Characteristics of agranulocytosis as an adverse effect of antithyroid drugs in the second or later course of treatment

Author(s)

Kobayashi, S; Noh, JY; Mukasa, K; Kunii, Y; Watanabe, N; Matsumoto, M; Ohye, H; Suzuki, M; Yoshihara, A; Iwaku, K; Sugino, K; Ito, K

Year

2014

Is Peer Reviewed?

1

Journal

Thyroid
ISSN: 1050-7256
EISSN: 1557-9077

Volume

24

Issue

5

Page Numbers

796-801

Language

English

PMID

24341564

DOI

10.1089/thy.2013.0476

Abstract

BACKGROUND: Agranulocytosis is a serious adverse effect of antithyroid drugs (ATDs) and mainly develops within three months after the start of uninterrupted ATD treatment. Agranulocytosis can also develop for the first time after interruption and subsequent resumption of the same ATD treatment. However, little is known with regard to agranulocytosis that develops after resumption of the same ATD treatment.

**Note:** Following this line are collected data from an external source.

ghost use Rattle.std.specs.Prelude.{◌≡◌, ◌<◌, ◌∷◌, ◌++◌, filter, ℕ, [], true, length, map, option_map, if◌then◌else◌, IfOk, OnOk};
ghost use Rattle.spoc_base.specs.Shown.{cidr_of};
ghost use Rattle.policy_model.specs.Lists.{has, numbers_below};
ghost use Rattle.policy_model.specs.Objects.{NetObject, area_nets, is_asked, net_of_object, object_set, zone_nets};
ghost use Rattle.policy_model.specs.Policy.{aggregate_of};
ghost use Rattle.policy_model.specs.Zones.{zone_of};
ghost use Rattle.topology.specs.View.{policy_of};
ghost use Rattle.group_expand.specs.Scope.{IsScope, site_in};
ghost use Rattle.group_expand.specs.Seen.{numbers_of};
ghost use Rattle.group_expand.specs.Sets.{AreIn, object_seen, are_there, with_object, with_objects, zone_objects};

use crate::members::net_of;
use crate::object::Object;
use crate::object_set::ObjectSet;
use crate::scope::Scope;
use crate::zone_set::ZoneSet;
use spoc_base::{NetId, NoMemory, Prefix, ZoneId};
use std::alloc::Global;
use topology::Topo;

// Whether the network passes where only those inside a prefix are asked for.
fn passes(topo: Topo<'_>, only: Option<Prefix>, n: NetId) -> bool
    requires { n.0 < length (policy_of topo).nets }
    ensures { result ≡ is_asked (policy_of topo.entry) (option_map cidr_of only) n.0 }
{
    match only {
        Some(outer) => topo.net(n).own.inside(outer),
        None => true,
    }
}

// Adds a network, where it passes.
fn add_asked(
    scope: &Scope<'_>,
    only: Option<Prefix>,
    n: NetId,
    found: &mut ObjectSet,
) -> Result<(), NoMemory>
    requires { n.0 < length (policy_of scope.now.topo).nets }
    ensures { OnOk result (found.new ≡ (if is_asked (policy_of scope.now.topo) (option_map cidr_of only) n.0 then with_object found.old (NetObject n.0) else found.old)) }
{
    if !passes(scope.topo, only, n) {
        return Ok(());
    }
    found.add(Object::Net(n))?;
    Ok(())
}

// Adds the networks of a zone, those that pass.
fn add_zone(
    scope: &Scope<'_>,
    only: Option<Prefix>,
    z: ZoneId,
    found: &mut ObjectSet,
) -> Result<(), NoMemory>
    requires scope { IsScope scope.now }
    requires there { z.0 < length scope.now.graph.now.nets }
    ensures { OnOk result (found.new ≡ with_objects found.old (zone_objects (site_in scope.now) (option_map cidr_of only) z.0)) }
{
    let row = scope.graph.nets(z);
    for n in row {
        add_asked(scope, only, *n, found)?;
    }
    Ok(())
}

/// The networks that an aggregate names.
pub(crate) fn of_aggregate(scope: &Scope<'_>, k: u32) -> Result<Vec<Object>, NoMemory>
    requires scope { IsScope scope.now }
    requires there { k < length (policy_of scope.now.topo).aggregates }
    ensures { IfOk result (λ found. map object_seen found.items ≡ object_set (zone_nets (site_in scope.now) (aggregate_of (policy_of scope.now.topo) k).only ((aggregate_of (policy_of scope.now.topo) k).link ∷ []))) }
{
    let aggregate = scope.topo.aggregate(k);
    let mut found = ObjectSet::new(scope.alloc);
    let z = scope.graph.zone_of(aggregate.link);
    add_zone(scope, aggregate.only, z, &mut found)?;
    found.list(scope.alloc)
}

// Adds the networks of a network's zone, those that pass, unless the zone is done.
fn add_zone_of(
    scope: &Scope<'_>,
    only: Option<Prefix>,
    n: NetId,
    done: &mut ZoneSet,
    found: &mut ObjectSet,
) -> Result<(), NoMemory>
    requires scope { IsScope scope.now }
    requires there { n.0 < length (policy_of scope.now.topo).nets }
    requires done { AreIn (site_in scope.now) (option_map cidr_of only) done.old found.old }
    ensures found { OnOk result (found.new ≡ with_objects found.old (zone_objects (site_in scope.now) (option_map cidr_of only) (zone_of (site_in scope.now) n.0))) }
    ensures done { OnOk result (AreIn (site_in scope.now) (option_map cidr_of only) done.new found.new) }
{
    let z = scope.graph.zone_of(n);
    if !done.add(z)? {
        return Ok(());
    }
    add_zone(scope, only, z, found)?;
    Ok(())
}

/// The networks of the zones of objects, those that pass.
pub(crate) fn zones_of(
    scope: &Scope<'_>,
    only: Option<Prefix>,
    objects: &[Object],
) -> Result<Vec<Object>, NoMemory>
    requires scope { IsScope scope.now }
    requires there { are_there (policy_of scope.now.topo) (map object_seen objects.now) ≡ true }
    ensures { IfOk result (λ found. map object_seen found.items ≡ object_set (zone_nets (site_in scope.now) (option_map cidr_of only) (map (net_of_object (policy_of scope.now.topo)) (map object_seen objects.now)))) }
{
    let mut found = ObjectSet::new(scope.alloc);
    let mut done = ZoneSet::new(scope.alloc);
    for object in objects {
        let net = net_of(scope.topo, *object);
        add_zone_of(scope, only, net, &mut done, &mut found)?;
    }
    found.list(scope.alloc)
}

// These zones as a set.
#[tactic(auto, using(crate::proofs::Gathering::zone_more, crate::proofs::Gathering::zones_end))]
fn zone_set(alloc: Global, zones: &[ZoneId]) -> Result<ZoneSet, NoMemory>
    ensures { IfOk result (λ set. (z : ℕ) → has set z ≡ has (numbers_of zones.now) z) }
{
    let mut set = ZoneSet::new(alloc);
    for z in zones {
        set.add(*z)?;
    }
    Ok(set)
}

// Puts a network at the end, where its zone is in the set.
fn push_inside(
    scope: &Scope<'_>,
    zones: &ZoneSet,
    n: NetId,
    found: &mut Vec<Object>,
) -> Result<(), NoMemory>
    requires scope { IsScope scope.now }
    requires there { n.0 < length (policy_of scope.now.topo).nets }
    ensures { OnOk result (map object_seen found.new.items ≡ (if has zones.now (zone_of (site_in scope.now) n.0) then map object_seen found.old.items ++ NetObject n.0 ∷ [] else map object_seen found.old.items)) }
{
    if !zones.has(scope.graph.zone_of(n)) {
        return Ok(());
    }
    found.push(Object::Net(n))?;
    Ok(())
}

// How many networks there are.
fn net_count(topo: Topo<'_>) -> u32
    ensures { result ≡ length (policy_of topo.entry).nets }
{
    topo.nets().len() as u32
}

// The networks whose zones are in the set.
fn inside(scope: &Scope<'_>, zones: &ZoneSet) -> Result<Vec<Object>, NoMemory>
    requires { IsScope scope.now }
    ensures { IfOk result (λ found. map object_seen found.items ≡ map NetObject (filter (λ n. has zones.now (zone_of (site_in scope.now) n)) (numbers_below (length (policy_of scope.now.topo).nets)))) }
{
    let mut found = Vec::new(scope.alloc);
    for n in 0..net_count(scope.topo) {
        push_inside(scope, zones, NetId(n), &mut found)?;
    }
    Ok(found)
}

/// The networks of an area's zones.
pub(crate) fn of_area(scope: &Scope<'_>, k: u32) -> Result<Vec<Object>, NoMemory>
    requires scope { IsScope scope.now }
    requires there { k < length (policy_of scope.now.topo).areas }
    ensures { IfOk result (λ found. map object_seen found.items ≡ map NetObject (area_nets (site_in scope.now) scope.now.areas.now k)) }
{
    let zones = zone_set(scope.alloc, scope.areas.zones(k))?;
    inside(scope, &zones)
}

OBJECTIVES: We investigated the characteristics of patients who developed agranulocytosis during their second or later course of ATD treatment.

METHODS: A total of 81 patients at our hospital were diagnosed with ATD-induced agranulocytosis. In 14 of the cases (methimazole (MMI), n=10; propylthiouracil (PTU), n=4), the agranulocytosis developed for the first time in the context of the second or later course of treatment with the same ATD; those patients were designated the "resumed group." The 35 patients (MMI, n=28; PTU, n=7) who developed agranulocytosis during their first uninterrupted course of ATD therapy were designated the "first group."

RESULTS: The median total duration of ATD treatment before the diagnosis of agranulocytosis was 559 days (range 86-1775 days), and the median interval between the final day of the previous course and the first day of the course in which agranulocytosis was diagnosed was 916.5 days (range 153-8110 days). There were no cases in which agranulocytosis developed when treatment with the same ATD was resumed after discontinuation for less than five months. The difference between the start of ATD treatment in the course in which agranulocytosis was diagnosed and the time interval at which agranulocytosis was diagnosed was similar when comparing the first group and the resumed group (39 (20-98) days in the first group vs. 32.5 (21-95) days in the resumed group; n.s.). There were no significant differences between the groups in terms of granulocyte count at the time agranulocytosis was diagnosed, mortality rate, or the interval between the diagnosis of agranulocytosis and recovery.

CONCLUSIONS: When ATD treatment is resumed, patient follow-up is essential in order to monitor for the development of agranulocytosis.